Ladies and Gentlemen,
Please join me in getting depressed reading about the new Kaiser Foundation survey on health care costs.
Since 2001, the annual employee payment for health insurance has increased by 78 percent, compared with a wage increase of 19 percent and an inflation rate of 17 percent. In my case, if I take 'advantage' of the health insurance offered through my employer my 25 percent of the total premium will cost me roughly $3800 a year. On top of that there are $20 copays every time someone in my family visits a doctor and at least $10 every time a prescription is filled but only if the drug is on the lowest of three pricing tiers.
If all that isn't bad enough the obvious conclusion is that health insurance is quickly becoming too expensive for small and medium businesses.
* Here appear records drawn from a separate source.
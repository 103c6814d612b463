//! An input that is read in parts.

ghost use Rattle.std.specs.Prelude.{◌≡◌, ◌+◌, ◌^◌, ◌<◌, ◌≤◌, [], length, drop, vec_len, not, true, false, OnOk, IfOk, IfErr};
ghost use Rattle.cborc_files.specs.Folder.{KeepsFiles};
ghost use Rattle.cborc_commands.specs.NoInput.{IsNoInput};
ghost use Rattle.cborc_commands.specs.inner.Parts.{PartsView, IsReadTo, IsNextPart};
ghost use Rattle.cborc_commands.specs.inner.Sources.{IsFresh, IsNoPart, HasInput, HasNoInput};

use crate::fault::Fault;
use crate::source::Source;
use cborc_files::Folder;
use std::alloc::Global;
use std::marker::Model;

/// An input: its bytes that were read and not consumed yet.
#[derive(Drop)]
pub(crate) struct Parts {
    bytes: Vec<u8>,
    // The number of these that were consumed.
    taken: usize,
    // The offset of the next byte in the input.
    start: usize,
    // The file that they are read from.
    source: Source,
    // The number of bytes per read, unless an item needs more.
    least: u64,
}

impl Model for Parts {
    ghost Value = { PartsView };

    ghost view = { λ p. record { rest = drop p.taken p.bytes.items; start = p.start; source = p.source } };

    ghost invariant = { λ p. (p.taken ≤ vec_len p.bytes)
        × (p.start + vec_len p.bytes ≤ p.source.size + p.taken) × (p.source.size < 2 ^ 63)
        × (0 < p.least) × (p.least < 2 ^ 63) };
}

impl Parts {
    /// Opens the input at this path, and reads its first part. Only the last part may be shorter
    /// than `least`.
    pub(crate) fn open<'a, F: Folder>(
        alloc: Global,
        files: &mut F,
        path: &'a str,
        hex: bool,
        least: u64,
    ) -> Result<Parts, Fault<'a>>
        requires some { 0 < least }
        requires range { least < 2 ^ 63 }
        ensures begins { IfOk result (IsReadTo (F.held files.old) path.now hex []) }
        ensures fault { IfErr result (IsNoInput (F.held files.old) path.now hex) }
        ensures keeps { KeepsFiles (F.held files.old) (F.held files.new) }
        ensures same { F.forwards_to files.new ≡ F.forwards_to files.old }
    {
        let mut parts = Parts::unread(alloc, hex, least);
        parts.read_on(alloc, files, path)?;
        Ok(parts)
    }

    // An input that was not read yet.
    fn unread(alloc: Global, hex: bool, least: u64) -> Parts
        requires some { 0 < least }
        requires range { least < 2 ^ 63 }
        ensures rest { result.rest ≡ [] }
        ensures start { result.start ≡ 0 }
        ensures source { IsFresh hex result.source }
    {
        Parts {
            bytes: Vec::new(alloc),
            taken: 0,
            start: 0,
            source: Source::new(hex),
            least,
        }
    }

    /// The bytes that were read and not consumed yet.
    pub(crate) fn rest(&self) -> &[u8]
        ensures { result.now ≡ self.now.rest }
    {
        &self.bytes[self.taken..]
    }

    /// Their offset in the input.
    pub(crate) fn start(&self) -> usize
        ensures is { result ≡ self.now.start }
        ensures range { result < 2 ^ 63 }
    {
        self.start
    }

    /// Whether the input may continue after them.
    pub(crate) fn goes_on(&self) -> bool
        ensures { result ≡ not self.now.source.ended }
    {
        !self.source.ended
    }

    /// Whether there are none, and the input may continue.
    pub(crate) fn is_spent(&self) -> bool
        ensures yes { result ≡ true → self.now.source.ended ≡ false }
        ensures no { result ≡ false → self.now.rest ≡ [] → self.now.source.ended ≡ true }
    {
        self.goes_on() && self.rest().is_empty()
    }

    /// Consumes this number of them.
    pub(crate) fn take(&mut self, size: usize)
        requires { size ≤ length self.old.rest }
        ensures rest { self.new.rest ≡ drop size self.old.rest }
        ensures start { self.new.start ≡ self.old.start + size }
        ensures source { self.new.source ≡ self.old.source }
    {
        self.taken += size;
        self.start += size;
    }

    /// Reads the next part of an input that continues: as many bytes of its file as are not consumed
    /// yet. So the bytes of an item double with each read, or grow by half in hex text.
    pub(crate) fn read_on<'a, F: Folder>(
        &mut self,
        alloc: Global,
        files: &mut F,
        path: &'a str,
    ) -> Result<(), Fault<'a>>
        ensures read { OnOk result (IsNextPart (F.held files.old) path.now self.old self.new) }
        ensures doubles { OnOk result (self.new.source.ended ≡ false
            → self.old.source.size + length self.old.rest ≤ self.new.source.size) }
        ensures fault { IfErr result (IsNoPart (F.held files.old) path.now self.old.source) }
        ensures keeps { KeepsFiles (F.held files.old) (F.held files.new) }
        ensures same { F.forwards_to files.new ≡ F.forwards_to files.old }
    {
        remove_prefix(&mut self.bytes, self.taken);
        self.taken = 0;
        let most = (self.bytes.len() as u64).max(self.least);
        match self
            .source
            .append(alloc, files, path, most, &mut self.bytes)
        {
            Ok(()) => Ok(()),
            Err(fault) => {
                self.bytes.clear();
                Err(fault)
            }
        }
    }

    /// The bytes that were read and not consumed yet, once a result is about them. Hex text is read to
    /// its end first.
    pub(crate) fn finish<'a, F: Folder>(
        self,
        alloc: Global,
        files: &mut F,
        path: &'a str,
    ) -> Result<Vec<u8>, Fault<'a>>
        ensures rest { IfOk result (λ v. v.items ≡ self.rest) }
        ensures input { IfOk result (λ _. HasInput (F.held files.old) path.now self.source) }
        ensures fault { IfErr result (HasNoInput (F.held files.old) path.now self.source) }
        ensures keeps { KeepsFiles (F.held files.old) (F.held files.new) }
        ensures same { F.forwards_to files.new ≡ F.forwards_to files.old }
    {
        let mut bytes = self.bytes;
        let mut source = self.source;
        remove_prefix(&mut bytes, self.taken);
        files.remember(alloc, bytes.as_slice());
        source.read_out(alloc, files, path)?;
        Ok(bytes)
    }
}

// Removes this number of bytes at the start, and moves the rest there.
fn remove_prefix(bytes: &mut Vec<u8>, count: usize)
    requires { count ≤ vec_len bytes.old }
    ensures { bytes.new.items ≡ drop count bytes.old.items }
{
    // Without any, moving the bytes would only cost time.
    if count > 0 {
        let length = bytes.len();
        bytes.as_mut_slice().copy_within(count..length, 0);
        bytes.truncate(length - count);
    }
}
This means fewer employers are able to pick up the tab today than they were six years ago. (In case you didn't know, most employers pay 75% of the total cost, or in my employer's case roughly $10,000 a year per employee. We have over 150 employees, you do the math).
When do we finally get to the point where we decide that enough is enough and start forcing our elected representatives to take notice and change the laws that govern how health care is funded?
It doesn't take a genius to figure out that as costs continue to increase, and more and more workers lose insurance coverage because their employers no longer can afford to offer it, that the bulk of those paying for insurance today will be the uninsured tomorrow.
Who picks up the cost for the growing uninsured? Federal and state governments in large part, as well as you, me and everyone else who presently has insurance. We pay higher premiums and get squeezed more and more, even as health care continues to be delivered to those without insurance; their numbers are clearly growing.
What's the answer? It's pretty simple. The answer is to get us out of having to "pay for health care" through an insurance premium and create a new requirement that we pay for medical care via dedicated taxes. It's not so radical because to a very large extent, we're already doing that (i.e Medicare, Medicaid, SHIPS, etc.), but today the true costs are hidden from us.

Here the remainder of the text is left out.